Thursday, January 29, 2009

Why can't we hold onto a moment?......



It has been an up and down kind of week..

I have been cleaning out my moms things..and the more i find..the more grateful i am that there is so much for me to go thru..

I have found my mom in the pages of her daily diaries...from when she was 12 til when she was 90...there is so much...

i have found her in the notes she saved..and the things she wrote...the smell of her perfume...and the piles of scrapbooks that she saved ...
i have really grown to admire my mom so much more while going thru her things...and at times, i fall under the...why did she have to die..to ...i am so glad she didnt have to live as a blind and deaf woman....this was the direction she was quickly heading to...

in the past few months, my mother lost all the sight in her left eye...and her right eye was at 50%. in the hospital she didnt want to read, or watch tv, or listen to anything..she was tired and she couldnt see and her hearing was failing as well...in fact i didnt even bring her flowers...the first time, because she couldnt see them, or smell them.....as she was sleeping, she was just waiting for the end.

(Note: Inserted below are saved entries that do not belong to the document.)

fn after_subject_point(alloc: Global, subject: Subject, lexeme: Lexeme) -> Result<Mode, Stop>
    ensures { (fs : List Frame) → Gives (λ m. (fs, m)) result
        (subject_point_step lexeme fs subject) }
{
    match lexeme {
        Lexeme::Name(name) => {
            let atom = Node::Rule(asked(subject, name));
            operand_of(alloc, atom, 0)
        }
        other => refused(other),
    }
}

fn after_user_point(alloc: Global, first: Name, lexeme: Lexeme) -> Result<Mode, Stop>
    ensures { (fs : List Frame) → Gives (λ m. (fs, m)) result (user_point_step lexeme fs first) }
{
    match lexeme {
        Lexeme::Name(name) => {
            let atom = Node::Rule(RuleAtom::UserAttribute(first, name));
            operand_of(alloc, atom, 0)
        }
        other => refused((other, first)),
    }
}

/// What the next token makes of what is open.
#[tactic(auto, unfolding(crate::specs::Runs::step))]
pub(crate) fn step(
    alloc: Global,
    dialect: Dialect,
    frames: &mut Stack,
    mode: Mode,
    lexeme: Lexeme,
) -> Result<Mode, Stop>
    ensures { Gives (λ m. (frames.new, m)) result (step dialect lexeme frames.old mode) }
{
    match mode {
        Mode::Operand => operand(alloc, dialect, frames, lexeme),
        Mode::FirstItem => first_item(alloc, dialect, frames, lexeme),
        Mode::Operator(tree) => after(alloc, dialect, frames, tree, lexeme),
        Mode::AfterNot(tree) => after_not(alloc, dialect, frames, tree, lexeme),
        Mode::AfterIs(tree) => after_is(alloc, dialect, frames, tree, lexeme),
        Mode::AfterDot(tree) => after_dot(alloc, tree, lexeme),
        Mode::AfterName(name) => after_name(alloc, frames, name, lexeme),
        Mode::AfterPoint(table) => after_table_point(alloc, frames, table, lexeme),
        Mode::AfterLookup(kind, table) => after_lookup(kind, table, lexeme),
        Mode::FirstKey(kind, table) => first_key(alloc, frames, kind, table, lexeme),
        Mode::NextKey(kind, table, keys) => next_key(frames, kind, table, keys, lexeme),
        Mode::AfterKey(kind, table, keys, name) => {
            after_key(frames, kind, table, keys, name, lexeme)
        }
        Mode::AfterSubject(subject) => after_subject(subject, lexeme),
        Mode::SubjectPoint(subject) => after_subject_point(alloc, subject, lexeme),
        Mode::UserPoint(first) => after_user_point(alloc, first, lexeme),
    }
}

/// What the end of the tokens makes of what is open.
#[tactic(auto, unfolding(crate::specs::Runs::finish))]
pub(crate) fn finish(alloc: Global, frames: &mut Stack, mode: Mode) -> Result<Formula, Stop>
    ensures { Gives (λ t. t) result (finish frames.old mode) }
{
    match mode {
        Mode::Operator(tree) => {
            let tree = reduce(alloc, 0, frames, tree)?;
            if frames.is_empty() {
                Ok(tree)
            } else {
                Err(Stop::Bad)
            }
        }
        _ => Err(Stop::Bad),
    }
}
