//! Laws of connections, each on the contract of a function that does nothing.
ghost use Rattle.grist_serve.specs.Laws.{GivenLaw};

/// What a pass was given in its stretch of a history is what its session is given in all of it,
/// where the session's entries are the pass's own of that stretch.
pub fn given_law()
    ensures { GivenLaw }
{}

it is a very hard thing for a daughter to accept...

but as i read all her writings...her missing my dad...her joy of life...and her completely full life...her love of being a wife, a mother, a grandmother..... until only this past year when she was getting weaker and weaker....

i slowly am accepting this...

it is so painful...to let go...to say this is final... final...oh i can barely say this word....i find this all so hard..

it is so painful for me too, to let go of the past, those sweet memories of youth...when everything was young...and wonderfully alive......why cant we hold onto time?